Ярко блестят золотые маковки и кресты московских церквей под жаркими лучами летнего солнца. Дня еще немного прошло, но железные крыши и каменные заборы успели накалиться до того, что воробьи и голуби ищут зелени, а люди прячутся в тень, неохотно показываясь на солнце.

Только одна седая голова жарится на солнце. Старик, обвешанный сумками, опираясь на клюку, бродит у генерального двора перед сенатом и что-то бормочет. Он чем-то серьезно занят. Вынимает поочередно то из той, то из другой сумки разные зерна — пшено, крупу, рис, и, изображая из себя сеятеля, сеет все это прямо на мостовую. Всякое его движение сопутствуется голубями и воробьями, которые, расставаясь с тенью крыш и зеленью палисадников, кучами слетаются на мостовую и клюют рассеиваемые седым стариком зерна.

— Ах вы, Божьи нахлебнички! — обращается старик к воробьям. — Проголодались, поди... А ни сеять, ни жать, ни в житницы собирать не умеете? Да куда вам? Люди бы все у вас отняли.

Завидев кошку, которая пробиралась к воробьям, он бросился на нее с клюкой.

— Ах ты, Андрюшка Ушаков! — прикрикнул он на нее. — Ишь подбирается к глупым воробушкам. У тебя, чай, в Тайной и без того мышей довольно.

На одной из церквей пробило восемь часов. Старик перекрестился.

— Одним часом меньше стало, — сказал он про себя. — И им одним часом меньше мучиться осталось.

Один голубь сел ему на плечо. Умные глазки старика засветились молодою радостью.

— Что, гуля-умница, догадался? — ласково сказал старик. — А он не догадывается доселе: если б и я, как он, вздумал учить гулю дубинкой, то гуля давно бы в лес улетел.

— Бог в помощь, Фомушка, — это и был Фомушка-юродивый. — Ты все с своими детками?

Это говорил благообразный старичок, по-видимому, купец.

— С детками, — отвечал Фомушка. — А ты все с своим сынком, с аршином?

И при этом пояснил говорком:

Аршин — аршин,
Купецкой сын,
Не сеет, не жнет,
А все хлеб жует
И рубли кует...

— Верно, верно, Фомушка, — согласился купец. Звяканье кандалов заставило их оглянуться.
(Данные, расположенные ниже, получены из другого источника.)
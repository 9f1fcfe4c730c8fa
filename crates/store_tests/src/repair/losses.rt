//! Losses that come back: what covers them, and how few survivors make them.
use crate::repair::asserting::assert_holds;
use crate::repair::cases::{CHECKED, Case, FEW, WHOLE, is_planned, is_repaired};
use crate::repair::samples::{BOTH, NARROW, Sample, WIDE};
use lrc_code::{Code, Group, Place, PlaceSet};
use std::alloc::Global;
use std::process::Abort;
use store_repair::is_covered;

/// Whether both lost fragments are right though two others are damaged, by the code's equations (`tools/store.py`): where one is of each
/// group, parities among them, and neither is a global parity.
fn are_covered(one: Place, other: Place) -> bool {
    match (one.group(), other.group()) {
        (Some(Group::X), Some(Group::Y)) | (Some(Group::Y), Some(Group::X)) => true,
        _ => false,
    }
}

/// Whether a stripe comes back from all others where these fragments are lost, is covered just if it is to be, and a plan says so.
fn comes_back(
    rt: &impl Abort,
    alloc: Global,
    sample: &'static Sample,
    lost: &[Place],
    is_covered: bool,
) -> bool {
    let case = Case {
        sample,
        lost,
        rebuilt: lost,
        survivors: sample.fragments.len().saturating_sub(lost.len()),
        is_covered,
        ..WHOLE
    };
    is_planned(rt, alloc, &case) && is_repaired(rt, alloc, &case)
}

/// Whether it does where a fragment is lost, with any one before it, and with any two.
fn any_come_back(
    rt: &impl Abort,
    alloc: Global,
    sample: &'static Sample,
    one: Place,
    before: &[Place],
) -> bool {
    let mut is = comes_back(rt, alloc, sample, &[one], true);
    for (second, other) in before.iter().enumerate() {
        is = is && comes_back(rt, alloc, sample, &[*other, one], are_covered(*other, one));
        for third in &before[..second] {
            is = is && comes_back(rt, alloc, sample, &[*third, *other, one], false);
        }
    }
    is
}

/// Each loss of three fragments is one that both codes recover. One lost fragment is covered, two of which one is of each group, and none
/// of three.
#[test]
fn up_to_three_lost_fragments_come_back_and_are_covered_by_groups(rt: HostRuntime) {
    for sample in &BOTH {
        let places = sample.code.places();
        for (first, one) in places.iter().enumerate() {
            let is = any_come_back(&rt, rt.alloc(), sample, *one, &places[..first]);
            assert_holds(&rt, is, one.name());
        }
    }
}

/// What survives and what the code doesn't have isn't covered.
#[test]
fn what_is_not_lost_is_not_covered(rt: HostRuntime) {
    for (code, place) in [
        (Code::Narrow, Place::X0),
        (Code::Wide, Place::X0),
        (Code::Narrow, Place::X3),
    ] {
        let is = is_covered(code, code.others(PlaceSet::empty()), place);
        assert_holds(&rt, !is, place.name());
    }
}

/// How many survivors make a lost fragment of a group, how many cover it, and the same of a global parity.
///
/// A fragment of a group is rebuilt from the others of its group: 3 reads of the (6,2,2) code and 6 of the (12,2,2) code (Huang et al.,
/// section 2). A global parity takes all data fragments, or as many others. How many cover one is found by trying all sets of them: without
/// a group's own fragment all but a parity, and without a global parity all.
static FEWEST: [(&Sample, [usize; 2], [usize; 2]); 2] = [
    (&NARROW, [3, 8], [6, 9]),
    (&WIDE, [6, 14], [12, 15]),
];

/// Whether a lost fragment is rebuilt from so many survivors, and covered, with a plan that says so, from so many more.
fn is_from_few(
    rt: &impl Abort,
    alloc: Global,
    sample: &'static Sample,
    lost: &[Place],
    [few, covering]: [usize; 2],
) -> bool {
    let checked = Case {
        sample,
        lost,
        rebuilt: lost,
        repair: CHECKED,
        survivors: covering,
        ..WHOLE
    };
    let unchecked = Case {
        repair: FEW,
        survivors: few,
        is_checked: false,
        is_covered: false,
        ..checked
    };
    is_repaired(rt, alloc, &unchecked)
        && is_planned(rt, alloc, &checked)
        && is_repaired(rt, alloc, &checked)
}

#[test]
fn few_survivors_are_read(rt: HostRuntime) {
    for (sample, of_group, of_global) in &FEWEST {
        for place in sample.code.places() {
            let survivors = match place.group() {
                Some(_) => of_group,
                None => of_global,
            };
            let is = is_from_few(&rt, rt.alloc(), sample, &[*place], *survivors);
            assert_holds(&rt, is, place.name());
        }
    }
}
К воротам генерального двора подходил арестант, закованный в ручные и ножные железа и сопровождаемый солдатами.

Фомушка, вглядываясь в него, тихо проговорил: «Бедный, бедный воробушек! Года два назад ты прыгал в Питере, на Троицкой площади, с отцом Варсонофием... Видал я тебя и с господами офицерами у Малой Невы... Видал я, как ты вылетал потом из Невской лавры, а Фомушка в те поры плакал о своей внучушке — горлинке, Веруше, что монастырские вороны заклевали...»

Звяканье кандалов смолкло. Арестанта ввели во двор.